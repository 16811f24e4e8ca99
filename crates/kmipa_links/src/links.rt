//! Links: what is kept of the segments so far.

use crate::gap::Gap;
use crate::gap_finding::{gap_behind, number_of};
use crate::numbers::{Clash, take_number};
use kmipa_record::{Head, Mark, NumberMap};
use std::alloc::{AllocError, Global};

/// What is kept of segments that were linked, one behind the other: their names, their call numbers, and what the next one goes on from.
#[derive(Drop)]
pub struct Links {
    names: Vec<String>,
    // In which segment each call stands, by its place.
    calls: NumberMap<usize>,
    // What the last of them is known by, if they bear seals.
    last: Option<Head>,
    // The number of the first of them in its recording, if they bear seals.
    first: i32,
}

impl Links {
    ghost use Rattle.std.specs.Prelude.{◌≡◌, ◌≢◌, ◌∷◌, ◌++◌, List, [], Option, None, Some, IfOk, IfSome, OnOk, MatchOption, option_map};
    ghost use Rattle.kmipa_record.specs.Marks.{MarkOf, AreRecorded, begun, mark_of};
    ghost use Rattle.kmipa_links.specs.Links.{SegmentOf, SealsOf, IsGap, IsGapOfSeals, IsSegment, first_seals, last_seals};
    ghost use Rattle.kmipa_links.specs.Linking.{HasSeals, HasTaken, HaveLinked, KnowsEnds, MayFollow};

    /// No segments.
    pub fn new(alloc: Global) -> Links
        ensures { HaveLinked [] result }
    {
        Links {
            names: Vec::new(alloc),
            calls: NumberMap::new(alloc),
            last: None,
            first: 0,
        }
    }

    /// What the last of the segments is known by, where they bear seals.
    pub fn last(&self) -> Option<&Head>
        ensures { (segments : List SegmentOf) → HaveLinked segments self.now
            → HasSeals (option_map (λ head. head.now) result) (last_seals segments) }
    {
        self.last.as_ref()
    }

    /// The number of the first of the segments in its recording, where they bear seals.
    pub fn first(&self) -> i32
        ensures { (segments : List SegmentOf) → HaveLinked segments self.now
            → IfSome (first_seals segments) (λ seals. seals.label.segment ≡ result) }
    {
        self.first
    }

    /// Takes the next mark of the segment behind those so far.
    pub(crate) fn take(
        &mut self,
        mark: &Mark,
        clash: Option<Clash>,
    ) -> Result<Option<Clash>, AllocError>
        ensures { (before : List SegmentOf) (marks : List MarkOf) → HasTaken before (begun marks) clash self.old
            → AreRecorded (marks ++ mark_of mark.now ∷ [])
            → IfOk result (λ next. HasTaken before (begun (marks ++ mark_of mark.now ∷ [])) next self.new) }
    {
        match mark {
            Mark::Begin(begin) => {
                let place = self.names.len();
                take_number(&mut self.calls, begin.call, place, clash)
            }
            Mark::End(_) => Ok(clash),
        }
    }

    /// Takes the end of the segment behind those so far, or says which gap it has.
    pub(crate) fn end(
        &mut self,
        alloc: Global,
        name: &str,
        head: Option<Head>,
        clash: Option<Clash>,
    ) -> Result<Option<Gap>, AllocError>
        ensures { (before : List SegmentOf) (segment : SegmentOf) → HasTaken before (begun segment.marks) clash self.old
            → IsSegment segment → segment.name ≡ name.now → HasSeals head segment.seals
            → IfOk result (λ gap. MatchOption gap (HaveLinked (before ++ (segment ∷ [])) self.new)
            (IsGap before segment)) }
    {
        if let Some(gap) = self.gap_of_seals(alloc, &head)? {
            return Ok(Some(gap));
        }
        if let Some(clash) = clash {
            return Ok(Some(self.gap_of_call(alloc, clash)?));
        }
        self.push(alloc, name, head)?;
        Ok(None)
    }

    /// The gap of a segment by its seals and those before it.
    fn gap_of_seals(&self, alloc: Global, head: &Option<Head>) -> Result<Option<Gap>, AllocError>
        ensures { (before : List SegmentOf) (own : Option SealsOf) → KnowsEnds before self.now → HasSeals head.now own
            → IfOk result (λ gap. MatchOption gap (MayFollow before own)
            (λ gap. (before ≢ []) × IsGapOfSeals (last_seals before) own gap)) }
    {
        if self.names.is_empty() {
            return Ok(None);
        }
        gap_behind(alloc, &self.last, head)
    }

    /// The gap of a segment by a call that stands in one before it too.
    fn gap_of_call(&self, alloc: Global, clash: Clash) -> Result<Gap, AllocError>
        ensures { (before : List SegmentOf) (segment : SegmentOf)
            → HasTaken before (begun segment.marks) (Some clash) self.now → IfOk result (IsGap before segment) }
    {
        let name = match self.names.get(clash.place) {
            Some(name) => name.as_str(),
            None => "",
        };
        Ok(Gap::Call(clash.call, String::from_str(alloc, name)?))
    }

    /// Puts a segment that has no gap behind those so far.
    fn push(&mut self, alloc: Global, name: &str, head: Option<Head>) -> Result<(), AllocError>
        ensures { (before : List SegmentOf) (segment : SegmentOf) → HasTaken before (begun segment.marks) None self.old
            → IsSegment segment → segment.name ≡ name.now → HasSeals head segment.seals
            → MayFollow before segment.seals → OnOk result (HaveLinked (before ++ (segment ∷ [])) self.new) }
    {
        let name = String::from_str(alloc, name)?;
        if self.names.is_empty() {
            self.first = number_of(&head);
        }
        self.names.push(name)?;
        self.last = head;
        Ok(())
    }
}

━━━━━━━━━━

**Exercise goal**
Show all lines from the data that contain "those".

**Response to this exercise**
    /// Takes the next mark of the segment behind those so far.
    /// Takes the end of the segment behind those so far, or says which gap it has.
    /// The gap of a segment by its seals and those before it.
    /// Puts a segment that has no gap behind those so far.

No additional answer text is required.